- Source data
//! Ends of runs: statuses and lines.

use crate::rows::{out_of_memory, text_of};
use obq_base::Report;
use obq_ends::{link_line, report_line, status_of};
use obq_io::MemSink;
use std::alloc::Global;
use std::io;

/// The room of a sink, in bytes.
const ROOM: u32 = 200;

fn number(word: Option<&str>) -> u32 {
    word.unwrap_or("").parse::<u32>().unwrap_or(0)
}

/// The report that a row tells: how many threads ended, raised, wait and have used up their turns.
fn report_of(row: &str) -> Report {
    let mut words = row.split(' ');
    Report {
        ended: number(words.next()),
        raised: number(words.next()),
        waiting: number(words.next()),
        spent: number(words.next()),
    }
}

/// Reports, a line each, with the status and the line of each.
pub fn print_reports(rt: &impl Print, alloc: Global, rows: &str) -> io::Result<()> {
    for row in rows.trim_end_matches('\n').split('\n') {
        let report = report_of(row);
        let status = status_of(report);
        let mut out = MemSink::new(alloc, ROOM).map_err(out_of_memory)?;
        let written = report_line(report).write_to(&mut out);
        let line = text_of(out.bytes());
        println!(rt; "{row}  =>  status {status}, {written:?} {line:?}")?;
    }
    Ok(())
}

/// The line of a link, to a sink that has room for it, and to one that hasn't.
pub fn print_links(rt: &impl Print, alloc: Global) -> io::Result<()> {
    let line = link_line(b"Alpha", b"*", u64::MAX, 0);
    for room in [ROOM, 7] {
        let mut out = MemSink::new(alloc, room).map_err(out_of_memory)?;
        let written = line.write_to(&mut out);
        let text = text_of(out.bytes());
        println!(rt; "a link, {room} bytes of room  =>  {written:?} {text:?}")?;
    }
    Ok(())
}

- Directions
There is a run of lines above from the one with "let mut words = row.split(' ');" to the one with "pub fn print_links(rt: &impl"; print exactly that run, both ends included, and nothing else.

- Written solution
    let mut words = row.split(' ');
    Report {
        ended: number(words.next()),
        raised: number(words.next()),
        waiting: number(words.next()),
        spent: number(words.next()),
    }
}

/// Reports, a line each, with the status and the line of each.
pub fn print_reports(rt: &impl Print, alloc: Global, rows: &str) -> io::Result<()> {
    for row in rows.trim_end_matches('\n').split('\n') {
        let report = report_of(row);
        let status = status_of(report);
        let mut out = MemSink::new(alloc, ROOM).map_err(out_of_memory)?;
        let written = report_line(report).write_to(&mut out);
        let line = text_of(out.bytes());
        println!(rt; "{row}  =>  status {status}, {written:?} {line:?}")?;
    }
    Ok(())
}

/// The line of a link, to a sink that has room for it, and to one that hasn't.
pub fn print_links(rt: &impl Print, alloc: Global) -> io::Result<()> {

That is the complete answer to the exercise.